213 A.3d 1004
Pa. Super. Ct.2019Background
- On June 19, 2014, Daniel Andrews allegedly shot two people (Crosby and Nesmith) during a gathering; both victims were hospitalized and Andrews was arrested the same day after discarding a firearm and behaving combatively. Andrews confessed to the shootings at the police station later that evening.

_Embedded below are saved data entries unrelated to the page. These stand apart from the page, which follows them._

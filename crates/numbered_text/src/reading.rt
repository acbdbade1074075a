//! The text that a content by number stands for.

ghost use Rattle.std.specs.Prelude.{◌≡◌, ◌<◌, ◌≤◌, ◌^◌, ◌++◌, IfOk, OnOk, length};
ghost use Rattle.wire.specs.Outcome.{Takes, or_refused};
ghost use Rattle.wire.specs.Reading.{uvarint_at};
ghost use Rattle.wire.specs.Spelling.{uvarint, varint, zigzag};
ghost use Rattle.numbered_text.specs.declared.error.NumberError.TheVariants.{Field};
ghost use Rattle.numbered_text.specs.Each.{each_at, many_at, with_front};
ghost use Rattle.numbered_text.specs.Outcome.{Gives};
ghost use Rattle.numbered_text.specs.Reading.{label_at, name_at, new_at, numbered_at, time_after};
ghost use Rattle.numbered_text.specs.Reading.{past_label, past_pairs, past_text, plain_of, run_at};
ghost use Rattle.numbered_text.specs.Reading.{runs_of, sample_at};

use crate::error::NumberError;
use crate::parts::Time;
use labels::is_time;
use name_table::NameTable;
use std::alloc::{AllocError, Global};
use wire::{Cut, put_bytes, put_u8, put_uvarint, put_varint};

#[tactic(auto, unfolding(crate::specs::Reading::past_text))]
fn past_text(bytes: &[u8]) -> Result<&[u8], NumberError>
    ensures exact { Gives (λ rest. rest.now) result (past_text bytes.now) }
    ensures shorter { IfOk result (λ rest. length rest.now ≤ length bytes.now) }
{
    let mut cut = Cut::new(bytes);
    let len = cut.uvarint().or(Err(NumberError::Field))?;
    let _text = cut.bytes(len as usize).or(Err(NumberError::Field))?;
    Ok(cut.rest())
}

fn past_pairs(bytes: &[u8], count: u64) -> Result<&[u8], NumberError>
    ensures exact { Gives (λ rest. rest.now) result (past_pairs count bytes.now) }
    ensures shorter { IfOk result (λ rest. length rest.now ≤ length bytes.now) }
{
    let mut rest = bytes;
    for counter in 0..count {
        let value = past_text(rest)?;
        let after = past_text(value)?;
        rest = after;
    }
    Ok(rest)
}

#[tactic(auto, unfolding(crate::specs::Reading::past_label))]
fn past_label(bytes: &[u8]) -> Result<&[u8], NumberError>
    ensures exact { Gives (λ rest. rest.now) result (past_label bytes.now) }
    ensures shorter { IfOk result (λ rest. length rest.now ≤ length bytes.now) }
{
    let mut cut = Cut::new(bytes);
    let count = cut.uvarint().or(Err(NumberError::Field))?;
    past_pairs(cut.rest(), count)
}

/// The text of the label set in front, and the bytes after it.
#[tactic(auto, unfolding(crate::specs::Reading::label_at))]
pub(crate) fn label_of(bytes: &[u8]) -> Result<(&[u8], &[u8]), NumberError>
    ensures { Gives (λ x. (x.0.now, x.1.now)) result (label_at bytes.now) }
{
    let rest = past_label(bytes)?;
    Ok((bytes.split_at(bytes.len() - rest.len()).0, rest))
}

/// A label set that has no number: it gets the next one.
#[tactic(auto, unfolding(crate::specs::Reading::new_at))]
fn push_new<'a>(
    alloc: Global,
    out: &mut Vec<u8>,
    names: &mut NameTable,
    bytes: &'a [u8],
) -> Result<&'a [u8], NumberError>
    ensures { Gives (λ rest. ((out.new.items, names.new), rest.now)) result
        (with_front out.old.items (new_at names.old bytes.now)) }
{
    let (label, rest) = label_of(bytes)?;
    if names.number_of(label) != names.len() {
        return Err(NumberError::Named);
    }
    put_bytes(out, label)?;
    names.push(Vec::from_slice(alloc, label)?)?;
    Ok(rest)
}

/// The label set of a number.
fn push_numbered<'a>(
    alloc: Global,
    out: &mut Vec<u8>,
    names: &mut NameTable,
    number: u64,
    bytes: &'a [u8],
) -> Result<&'a [u8], NumberError>
    ensures { Gives (λ rest. ((out.new.items, names.new), rest.now)) result
        (with_front out.old.items (numbered_at names.old number bytes.now)) }
{
    if let Some(label) = names.get(number as usize) {
        put_bytes(out, label)?;
        return Ok(bytes);
    }
    if number as usize != names.len() {
        return Err(NumberError::Number);
    }
    push_new(alloc, out, names, bytes)
}

/// A number, and the label set where it is new.
#[tactic(auto, unfolding(crate::specs::Reading::name_at))]
fn push_name<'a>(
    alloc: Global,
    out: &mut Vec<u8>,
    names: &mut NameTable,
    bytes: &'a [u8],
) -> Result<&'a [u8], NumberError>
    ensures { Gives (λ rest. ((out.new.items, names.new), rest.now)) result
        (with_front out.old.items (name_at names.old bytes.now)) }
{
    let mut cut = Cut::new(bytes);
    let number = cut.uvarint().or(Err(NumberError::Field))?;
    push_numbered(alloc, out, names, number, cut.rest())
}

/// The time so much later than a time.
#[tactic(auto, unfolding(crate::specs::Reading::time_after))]
fn time_after(before: Time, step: i64) -> Option<i64>
    ensures { result ≡ time_after before step }
{
    let time = before.at().checked_add(step)?;
    if !is_time(time) {
        return None;
    }
    Some(time)
}

/// Appends the text of a sample.
pub(crate) fn push_text(out: &mut Vec<u8>, time: i64, value: i64) -> Result<(), AllocError>
    ensures ok { OnOk result (out.new.items ≡ out.old.items ++ (varint time ++ varint value)) }
    ensures small { (zigzag time < 2 ^ 64) × (zigzag value < 2 ^ 64) }
{
    put_varint(out, time)?;
    put_varint(out, value)
}

/// A sample after a time, which becomes its own.
#[tactic(auto, unfolding(crate::specs::Reading::sample_at))]
fn push_sample<'a>(
    out: &mut Vec<u8>,
    time: &mut Time,
    bytes: &'a [u8],
) -> Result<&'a [u8], NumberError>
    ensures { Gives (λ rest. ((out.new.items, time.new), rest.now)) result
        (with_front out.old.items (sample_at time.old bytes.now)) }
{
    let mut cut = Cut::new(bytes);
    let step = cut.varint().or(Err(NumberError::Field))?;
    let value = cut.varint().or(Err(NumberError::Field))?;
    let Some(at) = time_after(*time, step) else {
        return Err(NumberError::Bounds);
    };
    push_text(out, at, value)?;
    *time = Time::new(at);
    Ok(cut.rest())
}

fn push_each_sample<'a>(
    out: &mut Vec<u8>,
    time: &mut Time,
    bytes: &'a [u8],
    count: u64,
) -> Result<&'a [u8], NumberError>
    ensures { Gives (λ rest. ((out.new.items, time.new), rest.now)) result
        (with_front out.old.items (each_at sample_at count time.old bytes.now)) }
{
    let mut rest = bytes;
    for counter in 0..count {
        let after = push_sample(out, time, rest)?;
        rest = after;
    }
    Ok(rest)
}

/// How many items, and the bytes after that.
pub(crate) fn count_of(bytes: &[u8]) -> Result<(u64, &[u8]), NumberError>
    ensures exact { Gives (λ x. (x.0, x.1.now)) result (or_refused Field (uvarint_at bytes.now)) }
    ensures found { IfOk result (λ x. Takes (uvarint x.0) bytes.now x.1.now) }
    ensures small { IfOk result (λ x. x.0 < 2 ^ 64) }
{
    let mut cut = Cut::new(bytes);
    let count = cut.uvarint().or(Err(NumberError::Field))?;
    Ok((count, cut.rest()))
}

fn push_samples<'a>(
    out: &mut Vec<u8>,
    time: &mut Time,
    bytes: &'a [u8],
) -> Result<&'a [u8], NumberError>
    ensures { Gives (λ rest. ((out.new.items, time.new), rest.now)) result
        (with_front out.old.items (many_at sample_at time.old bytes.now)) }
{
    let (count, rest) = count_of(bytes)?;
    put_uvarint(out, count)?;
    push_each_sample(out, time, rest, count)
}

fn push_run<'a>(
    alloc: Global,
    out: &mut Vec<u8>,
    names: &mut NameTable,
    time: &mut Time,
    bytes: &'a [u8],
) -> Result<&'a [u8], NumberError>
    ensures { Gives (λ rest. ((out.new.items, (names.new, time.new)), rest.now)) result
        (with_front out.old.items (run_at (names.old, time.old) bytes.now)) }
{
    let rest = push_name(alloc, out, names, bytes)?;
    push_samples(out, time, rest)
}

fn push_each_run<'a>(
    alloc: Global,
    out: &mut Vec<u8>,
    names: &mut NameTable,
    time: &mut Time,
    bytes: &'a [u8],
    count: u64,
) -> Result<&'a [u8], NumberError>
    ensures { Gives (λ rest. ((out.new.items, (names.new, time.new)), rest.now)) result
        (with_front out.old.items (each_at run_at count (names.old, time.old) bytes.now)) }
{
    let mut rest = bytes;
    for counter in 0..count {
        let after = push_run(alloc, out, names, time, rest)?;
        rest = after;
    }
    Ok(rest)
}

fn push_runs<'a>(
    alloc: Global,
    out: &mut Vec<u8>,
    names: &mut NameTable,
    time: &mut Time,
    bytes: &'a [u8],
) -> Result<&'a [u8], NumberError>
    ensures { Gives (λ rest. ((out.new.items, (names.new, time.new)), rest.now)) result
        (with_front out.old.items (many_at run_at (names.old, time.old) bytes.now)) }
{
    let (count, rest) = count_of(bytes)?;
    put_uvarint(out, count)?;
    push_each_run(alloc, out, names, time, rest, count)
}

/// The text of a batch, all of the bytes.
#[tactic(auto, unfolding(crate::specs::Reading::runs_of))]
fn batch_text(alloc: Global, names: &mut NameTable, bytes: &[u8]) -> Result<Vec<u8>, NumberError>
    ensures { Gives (λ text. (text.items, names.new)) result (runs_of names.old bytes.now) }
{
    let mut out = Vec::new(alloc);
    put_u8(&mut out, 1)?;
    let mut time = Time::new(0);
    let rest = push_runs(alloc, &mut out, names, &mut time, bytes)?;
    if rest.len() > 0 {
        return Err(NumberError::Rest);
    }
    Ok(out)
}

/// The text that a content stands for by the names that there are, and its names after them. One of
/// today's kinds stands for itself.
///
/// After an `Err` the names may be any.
pub fn plain_text(
    alloc: Global,
    names: &mut NameTable,
    content: &[u8],
) -> Result<Vec<u8>, NumberError>
    ensures { Gives (λ text. (text.items, names.new)) result (plain_of names.old content.now) }
{
    match content {
        [4, rest @ ..] => batch_text(alloc, names, rest),
        _ => Ok(Vec::from_slice(alloc, content)?),
    }
}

- Andrews was charged with aggravated assault, persons not to possess a firearm, carrying a firearm without a license, carrying a firearm in public in Philadelphia, and possession of an instrument of crime; a jury acquitted him of aggravated assault and the PIC charge was later dismissed.
- Pretrial, Andrews moved to dismiss under Pa.R.Crim.P. 600 (speedy trial), to suppress evidence based on alleged defects in the search-warrant affidavit (Franks challenge), and to suppress his custodial confession as involuntary; the trial court denied all motions.
- At trial the defense presented involuntary-intoxication evidence (claiming unknowing K-2 ingestion). Andrews was convicted on several VUFA counts and sentenced to consecutive terms totaling 8–20 years’ imprisonment.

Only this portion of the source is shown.